年末恒例?のNEJM論文を今回も紹介していきます。ついに、という気のする血友病Bに対する遺伝子治療の第Ⅲ相試験最終解析結果です。

 

Final Analysis of a Study of Etranacogene Dezaparvovec for Hemophilia B

Pipe SW et al, N Engl J Med 2025, doi: 10.1056/NEJMoa2514332

 

【背景】
血友病Bに対する予防的治療は、生涯にわたり定期的な第Ⅸ因子の経静脈的注入を必要とする。遺伝子治療は、持続的な内因性第Ⅸ因子の発現と疾患制御をもたらす単回治療となる可能性を有する。Etranacogene dezaparvovecは、adeno-associated virus serotype 5(AAV5)ベクターと、高活性なPadua第Ⅸ因子バリアントから構成される。本研究の一次解析において、etranacogene dezaparvovecは年間出血率を低下させ、有害事象の大部分は軽症であった。本稿では、観察期間5年の最終解析データを報告する。

【方法】
本非盲検第Ⅲ相試験では、男性の血友病B患者(第Ⅸ因子活性レベル2 IU/dL以下)を対象とし、AAV5中和抗体の有無にかかわらず、第Ⅸ因子による予防的治療のリードイン期間(6カ月以上)の後に、etranacogene dezaparvovecを単回投与した。事前に規定された5年後の解析には、修正年間出血率(治療開始後7カ月から遺伝子治療後60カ月と、リードイン期間との差)、第Ⅸ因子の発現、および安全性アウトカムが含まれた。

【結果】
全解析集団(54人)において、全出血イベントに対する修正年間出血率は、リードイン期間の4.16に対し、7カ月から遺伝子治療後60カ月では1.52となり、63%の減少が認められた(95% CI, 24–82)。
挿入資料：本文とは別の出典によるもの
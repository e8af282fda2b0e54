//! Reads all that an input has left into memory, up to a limit, or says why that failed.

ghost use Rattle.std.specs.Prelude.{◌≡◌, ◌+◌, ◌-◌, ◌^◌, ◌<◌, ◌≤◌, ◌↔◌, length, IfOk, OnOk, IfSome, IsErrOf};
ghost use Rattle.std.specs.Io.KnownBytes.{Consumes, IsAtEnd};
ghost use Rattle.counted_devices.specs.Device.{GaveMoreThan, GaveAtMost};

use crate::devices::CountedRead;
use std::alloc::Global;

/// Why an input could not be read.
#[derive(Clone, Copy, Debug, PartialEq, Eq)]
pub enum InputFault {
    /// A read failed.
    Device,
    /// The input has more bytes than the caller allows.
    InputTooLong,
    /// An allocation was refused.
    NoMemory,
}

// The bytes of one read: as many as a pipe gives at once.
const PIECE: usize = 65536;

/// All bytes that the reader has left, of which there may be at most `limit`.
///
/// It ends at the first fault: [`InputFault::Device`] where a read failed, an interrupted one too;
/// [`InputFault::InputTooLong`] once the reader gave more than `limit` bytes;
/// [`InputFault::NoMemory`] where bytes within the limit found no room. It makes at most `limit` and two reads.
///
/// `from` must have counted fewer than 2^64 - 1 failures, so that one more can be counted.
pub fn read_whole<R: CountedRead>(
    alloc: Global,
    from: &mut R,
    limit: u64,
) -> Result<Vec<u8>, InputFault>
    requires { R.failed from.old < 2 ^ 64 - 1 }
    ensures bytes { IfOk result
        (λ v. Consumes (R.remaining from.old) (R.remaining from.new) v.items) }
    ensures end { OnOk result (IsAtEnd (R.remaining from.new)) }
    ensures whole { IfOk result (λ v. IfSome (R.remaining from.old) (λ xs. v.items ≡ xs)) }
    ensures within { IfOk result (λ v. length v.items ≤ limit) }
    ensures too_long { IsErrOf result InputFault.InputTooLong
        → GaveMoreThan limit (R.remaining from.old) (R.remaining from.new) }
    ensures memory { IsErrOf result InputFault.NoMemory
        → GaveAtMost limit (R.remaining from.old) (R.remaining from.new) }
    ensures device { IsErrOf result InputFault.Device
        ↔ (R.failed from.new ≡ R.failed from.old + 1) }
    ensures kept { ¬ IsErrOf result InputFault.Device → R.failed from.new ≡ R.failed from.old }
{
    let mut text = Vec::new(alloc);
    let mut piece = [0u8; PIECE];
    loop {
        let taken = from.read_once(&mut piece).ok_or(InputFault::Device)?;
        if taken == 0 {
            return Ok(text);
        }
        // decided before memory is asked for, so that a long input isn't told as want of memory
        if taken as u64 > limit - text.len() as u64 {
            return Err(InputFault::InputTooLong);
        }
        text.extend_from_slice(&piece[..taken])
            .map_err(|_| InputFault::NoMemory)?;
    }
}
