//! A reader or writer for tests: each call passes on at most a given number of bytes, and one chosen call fails.

ghost use Rattle.std.specs.Prelude.{◌≡◌, ◌+◌, ◌-◌, ◌^◌, ◌<◌, ◌↔◌, length, true, min, IsTrue, is_err};
ghost use Rattle.std.specs.Io.{ReadsAtMost, WritesAtMost};
ghost use Rattle.counted_devices.specs.Device.{write_fails};

use std::io;
use std::io::{Error, ErrorKind, Read, Write};
use std::marker::Model;

/// How a call fails.
#[derive(Clone, Copy, Debug, PartialEq, Eq)]
pub enum Failure {
    /// By an error.
    Broken,
    /// By an error that says that the call was interrupted.
    Interrupted,
    /// By taking no byte of a piece. A read or a flush can't fail so, and fails by an error.
    TakesNothing,
}

impl Failure {
    fn error(self) -> Error {
        Error::from(match self {
            Failure::Interrupted => ErrorKind::Interrupted,
            Failure::Broken | Failure::TakesNothing => ErrorKind::BrokenPipe,
        })
    }
}

/// A reader or writer for tests, around another one. Each call passes on at most a given number of bytes; one chosen
/// call fails without reaching the device inside, and the calls after it go on. A flush is a call, too. Nothing is
/// claimed of the bytes.
#[derive(Drop)]
pub struct Failing<T> {
    inner: T,
    most: usize,
    calls: u64,
    fails_at: u64,
    failure: Failure,
}

impl<T> Model for Failing<T> {
    ghost use Rattle.counted_devices.specs.Device.{FailingDevice};

    ghost Value = { FailingDevice T };

    ghost view = { λ f. record { inner = f.inner; calls = f.calls; fails_at = f.fails_at } };
}

impl<T> Failing<T> {
    /// A device around `inner` that passes on at most `most` bytes a call. The call of the number `fails_at` fails,
    /// where the first call has the number 1; none fails where it is 0.
    pub fn new(inner: T, most: usize, fails_at: u64, failure: Failure) -> Failing<T>
        ensures inner { result.inner ≡ inner }
        ensures calls { result.calls ≡ 0 }
        ensures fails_at { result.fails_at ≡ fails_at }
    {
        Failing {
            inner,
            most,
            calls: 0,
            fails_at,
            failure,
        }
    }

    /// How many calls were made.
    pub fn calls(&self) -> u64
        ensures { result ≡ self.now.calls }
    {
        self.calls
    }

    /// The device inside.
    pub fn into_inner(self) -> T
        ensures { result ≡ self.inner }
    {
        self.inner
    }

    // Counts a call, and tells whether it is the one that fails.
    fn fails_now(&mut self) -> bool
        ensures inner { self.new.inner ≡ self.old.inner }
        ensures calls { self.new.calls ≡ min (self.old.calls + 1) (2 ^ 64 - 1) }
        ensures fails_at { self.new.fails_at ≡ self.old.fails_at }
        ensures answer { IsTrue result ↔ (self.new.calls ≡ self.old.fails_at) }
    {
        self.calls = self.calls.saturating_add(1);
        self.calls == self.fails_at
    }
}

impl<T: Read> Read for Failing<T> {
    fn read(&mut self, buf: &mut [u8]) -> io::Result<usize>
        ensures bound { ReadsAtMost result buf.new }
        ensures calls { self.new.calls ≡ min (self.old.calls + 1) (2 ^ 64 - 1) }
        ensures fails_at { self.new.fails_at ≡ self.old.fails_at }
        ensures fails { self.new.calls ≡ self.old.fails_at → is_err result ≡ true }
    {
        if self.fails_now() {
            return Err(self.failure.error());
        }
        let most = buf.len().min(self.most);
        self.inner.read(&mut buf[..most])
    }
}

impl<T: Write> Write for Failing<T> {
    fn write(&mut self, buf: &[u8]) -> io::Result<usize>
        ensures bound { WritesAtMost result buf.now }
        ensures calls { self.new.calls ≡ min (self.old.calls + 1) (2 ^ 64 - 1) }
        ensures fails_at { self.new.fails_at ≡ self.old.fails_at }
        ensures fails { 0 < length buf.now → self.new.calls ≡ self.old.fails_at
            → write_fails result buf.now ≡ true }
    {
        if self.fails_now() {
            return match self.failure {
                Failure::TakesNothing => Ok(0),
                failure => Err(failure.error()),
            };
        }
        let most = buf.len().min(self.most);
        self.inner.write(&buf[..most])
    }

    fn flush(&mut self) -> io::Result<()>
        ensures calls { self.new.calls ≡ min (self.old.calls + 1) (2 ^ 64 - 1) }
        ensures fails_at { self.new.fails_at ≡ self.old.fails_at }
        ensures fails { self.new.calls ≡ self.old.fails_at → is_err result ≡ true }
    {
        if self.fails_now() {
            return Err(self.failure.error());
        }
        self.inner.flush()
    }
}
5年間の観察期間を通じて内因性第Ⅸ因子の発現は安定しており、5年時点での平均(±標準偏差)第Ⅸ因子活性レベルは36.1±15.7 IU/dLであった。ルーチンの予防および出血イベント治療のための外因性第Ⅸ因子使用量は96%減少し、リードイン期間では年間257,339 IUであったのに対し、7カ月から遺伝子治療後60カ月では10,924 IU/年であった。ベースラインでのAAV5中和抗体の有無による有効性の実質的な差は認められなかった。6カ月以降に試験治療と関連する可能性のある有害事象はまれであった。

【結論】
Etranacogene dezaparvovecの投与後、5年間にわたり持続的な第Ⅸ因子発現と、低い年間出血率が観察された。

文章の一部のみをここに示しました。